(Collection entries)
--

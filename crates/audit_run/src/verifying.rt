//! The command `verify`: whether a certificate agrees with two logs.
ghost use Rattle.std.specs.Prelude.{◌≤◌, IfOk, length};
ghost use Rattle.audit_base.specs.declared.terms.Which.{Which};
ghost use Rattle.audit_report.specs.declared.statuses.Status.TheVariants as status;
ghost use Rattle.audit_report.specs.Certificates.{refused_line, verified_line};
ghost use Rattle.log_source.specs.Sources.{longest_log};
ghost use Rattle.log_verdict.specs.BothLogs.{HaveOneLimit, StaysWithin, StaysWithinAt};
ghost use Rattle.audit_run.specs.Certificates.{VerifiesDeals};
ghost use Rattle.command_run.specs.Deciding.{IsAnswerOfKind};
ghost use Rattle.audit_run.specs.Deciding.{request_to_verify, DecidesAuditorAnswer};
ghost use Rattle.audit_run.specs.JudgedAnswers.{IsVerifyAnswerOn};
ghost use Rattle.command_run.specs.Deciding.{DecidesBytes};
ghost use Rattle.command_run.specs.VerdictAnswers.{IsAnswerWith};
ghost use Rattle.log_verdict.specs.Collecting.{TouchesOnly};
ghost use Rattle.log_verdict.specs.Steps.{reading_by, reading_within, KeepsShelfLogs, FaultsNeverFall};
ghost use Rattle.record_verdict.specs.BeforeRule.{AreResolvedTradesInRange, IsJudgeable};

use super::given_logs::GivenBeforeRule;
use super::program::Auditor;
use audit_base::faults::NoMemory;
use audit_base::names::Name;
use audit_base::terms::{Rule, Which};
use audit_certificate::faults::VerifyFault;
use audit_certificate::verifying::verify;
use audit_report::certificates::{append_refused_line, append_verified_line};
use audit_report::statuses::Status;
use command_run::answers::{Answer, answer_without, done_answer, finding_answer, unread_answer};
use command_run::laws::{both_logs_decide, read_logs_decide};
use log_source::shelf::Shelf;
use log_source::take::take_log;
use log_verdict::both_logs::read_both;
use log_verdict::reading::ReadingFault;
use log_verdict::sources::Source;
use log_verdict::stops::Stop;
use matching_core::deals_draft::ResolvedTrades;
use matching_core::totals::volume_of;
use record_verdict::before_rule::BeforeRule;
use record_verdict::scopes::{Admission, Scope};
use std::alloc::Global;

/// The answer to a certificate that agrees under a rule.
fn verified_answer(
    alloc: Global,
    rule: Rule,
    symbol: &Name,
    volume: u128,
) -> Result<Answer, NoMemory>
    ensures { IfOk result (IsAnswerOfKind
        (IsAnswerWith status.Accepted (verified_line rule symbol.now volume))) }
{
    let mut text = Vec::new(alloc);
    append_verified_line(alloc, rule, symbol, volume, &mut text)?;
    Ok(done_answer(text))
}

/// The answer to a certificate of which this line is the first that is refused.
fn refused_answer(alloc: Global, line: u32) -> Result<Answer, NoMemory>
    ensures { IfOk result (IsAnswerOfKind (IsAnswerWith status.Rejected (refused_line line))) }
{
    let mut text = Vec::new(alloc);
    append_refused_line(alloc, line, &mut text)?;
    Ok(Answer {
        status: Status::Rejected,
        text,
        stop: None,
    })
}

/// The answer to a certificate over sound trades.
fn answer_sound(
    alloc: Global,
    symbol: &Name,
    resolved: &ResolvedTrades,
    certificate: &[u8],
) -> Result<Answer, NoMemory>
    requires judgeable { AreResolvedTradesInRange resolved.now }
    requires small { length certificate.now ≤ longest_log }
    ensures { IfOk result (IsAnswerOfKind (VerifiesDeals symbol.now resolved.now.history
        resolved.now.deals.items certificate.now)) }
{
    let orders = resolved.history.orders();
    match verify(alloc, symbol, &orders, &resolved.deals, certificate) {
        Ok(rule) => verified_answer(alloc, rule, symbol, volume_of(&resolved.deals)),
        Err(VerifyFault::No(line)) => refused_answer(alloc, line),
        Err(VerifyFault::Memory) => Err(NoMemory),
    }
}

/// The answer to a certificate over logs that give this before the rule.
fn verify_answer(
    alloc: Global,
    symbol: &Name,
    given: &BeforeRule,
    certificate: &[u8],
) -> Result<Answer, NoMemory>
    requires judgeable { IsJudgeable given.now }
    requires small { length certificate.now ≤ longest_log }
    ensures { IfOk result (IsAnswerOfKind
        (IsVerifyAnswerOn symbol.now given.now certificate.now)) }
{
    match given {
        BeforeRule::Found(finding) => finding_answer(alloc, *finding),
        BeforeRule::Sound(resolved) => answer_sound(alloc, symbol, resolved, certificate),
    }
}

/// The answer to the certificate of this name, which is taken whole from the slot of the trade
/// log. That is started anew.
fn answer_certificate<F: Shelf>(
    alloc: Global,
    shelf: &mut F,
    symbol: &Name,
    given: &BeforeRule,
    name: &str,
    limit: u64,
) -> Result<Answer, Stop>
    requires limit { limit ≤ longest_log }
    requires judgeable { IsJudgeable given.now }
    ensures logs { KeepsShelfLogs F.Shelf shelf.old shelf.new }
    ensures only { TouchesOnly (reading_within limit F.Shelf shelf.old shelf.new) Which.Trades }
    ensures decides { DecidesBytes (reading_within limit F.Shelf shelf.old shelf.new)
        Which.Trades name.now (IsVerifyAnswerOn symbol.now given.now) result }
    ensures within { StaysWithinAt (reading_within limit F.Shelf shelf.old shelf.new)
        Which.Trades result }
{
    match take_log(alloc, shelf, Which::Trades, name, limit) {
        Ok(certificate) => Ok(verify_answer(alloc, symbol, given, &certificate)?),
        Err(fault) => unread_answer(alloc, Which::Trades, ReadingFault::from(fault)),
    }
}

/// The answer to `verify`. The certificate is taken after both logs, where they are in their
/// grammars, and before any finding about them is answered.
pub(crate) fn answer_verify<F: Shelf>(
    alloc: Global,
    shelf: &mut F,
    symbol: &Name,
    orders: &Source<'_>,
    trades: &Source<'_>,
    certificate: &str,
) -> Result<Answer, Stop>
    requires limit { HaveOneLimit orders.now trades.now }
    requires small { orders.now.limit ≤ longest_log }
    ensures logs { KeepsShelfLogs F.Shelf shelf.old shelf.new }
    ensures later { FaultsNeverFall (reading_by orders.now F.Shelf shelf.old shelf.new) }
    ensures decides { DecidesAuditorAnswer (reading_by orders.now F.Shelf shelf.old shelf.new)
        (request_to_verify symbol.now orders.now trades.now certificate.now) result }
    ensures within { StaysWithin (reading_by orders.now F.Shelf shelf.old shelf.new) result }
{
    both_logs_decide::<Auditor, GivenBeforeRule>();
    read_logs_decide::<Auditor>();
    let scope = Scope {
        symbol: *symbol,
        admission: Admission::Resting,
    };
    // A match and no `?`, as in `verdict_on`.
    match read_both(alloc, shelf, &scope, orders, trades) {
        Ok(given) => answer_certificate(alloc, shelf, symbol, &given, certificate, orders.limit),
        Err(why) => answer_without(alloc, why),
    }
}
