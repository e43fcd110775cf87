//! What follows from the contract of `run` where the shelf or the sink is one in memory.
ghost use Rattle.std.specs.Prelude.{◌≡◌, ◌≢◌, [], Option};
ghost use Rattle.audit_report.specs.declared.statuses.Status.{Status};
ghost use Rattle.log_source.specs.MemorySinks.{failing_writes, sink_length, memory_sink_state, sink_room};
ghost use Rattle.log_source.specs.Sinks.{SinkState, SinkStays};
ghost use Rattle.log_source.specs.declared.memory_sink.MemorySink.{MemorySink};
ghost use Rattle.log_source.specs.declared.quiet_shelf.QuietShelf.{QuietShelf};
ghost use Rattle.command_words.specs.declared.requests.Request.{Request};
ghost use Rattle.command_run.specs.Corollaries.{HasRoomForText};
ghost use Rattle.audit_report.specs.Lines.{auditor_usage_line};
ghost use Rattle.audit_run.specs.Requests.{auditor_command_of};
ghost use Rattle.audit_run.specs.Runs.{AuditorAnswersWithCause};
ghost use Rattle.log_verdict.specs.Steps.{Reading, reading};

use super::program::Auditor;
use command_run::corollaries as of_commands;
use log_source::quiet_shelf::QuietShelf;
use log_source::shelf::Shelf;

/// Over a shelf that never fails the status is never `ReadFault`, whatever the words and the sink.
pub fn a_quiet_shelf_is_read()
    ensures { (asked : Option Request) (old new : QuietShelf) (before after : SinkState)
        (the_status : Status)
        → AuditorAnswersWithCause asked (reading ⟦<QuietShelf as Shelf>⟧ old new)
        before after the_status
        → the_status ≢ Status.ReadFault }
{
    of_commands::a_quiet_shelf_is_read::<Auditor>();
}

/// Into a sink in memory none of whose writes is to fail, and which has room for every text that
/// the call may write, the status is never `WriteFault`, whatever the words and the shelf.
pub fn a_sink_with_room_is_written()
    ensures { (asked : Option Request) (r : Reading) (old new : MemorySink) (the_status : Status)
        → failing_writes old ≡ []
        → HasRoomForText auditor_command_of auditor_usage_line asked r
        (sink_length old) (sink_room old)
        → SinkStays (memory_sink_state old) (memory_sink_state new)
        → AuditorAnswersWithCause asked r
        (memory_sink_state old) (memory_sink_state new) the_status
        → the_status ≢ Status.WriteFault }
{
    of_commands::a_sink_with_room_is_written::<Auditor>();
}
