//! The program `auditor`, as `command_run` speaks of programs.
use audit_report::reports::usage_text;
use command_run::programs::Program;
use command_words::requests::Request;

/// The program `auditor`: which command each request asks for, and its usage line.
pub struct Auditor;

impl Program for Auditor {
    ghost use Rattle.audit_report.specs.Lines.{auditor_usage_line};
    ghost use Rattle.audit_run.specs.Requests.{auditor_command_of};

    type Request = Request;

    ghost command = { auditor_command_of };

    ghost usage = { auditor_usage_line };

    fn usage_line() -> &'static [u8] {
        usage_text()
    }
}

--

→ TASK INSTRUCTIONS
Find every line in the records that has the word "IfOk". Copy those lines.

→ RESPONSE TO THIS EXERCISE
ghost use Rattle.std.specs.Prelude.{◌≤◌, IfOk, length};
    ensures { IfOk result (IsAnswerOfKind
    ensures { IfOk result (IsAnswerOfKind (IsAnswerWith status.Rejected (refused_line line))) }
    ensures { IfOk result (IsAnswerOfKind (VerifiesDeals symbol.now resolved.now.history
    ensures { IfOk result (IsAnswerOfKind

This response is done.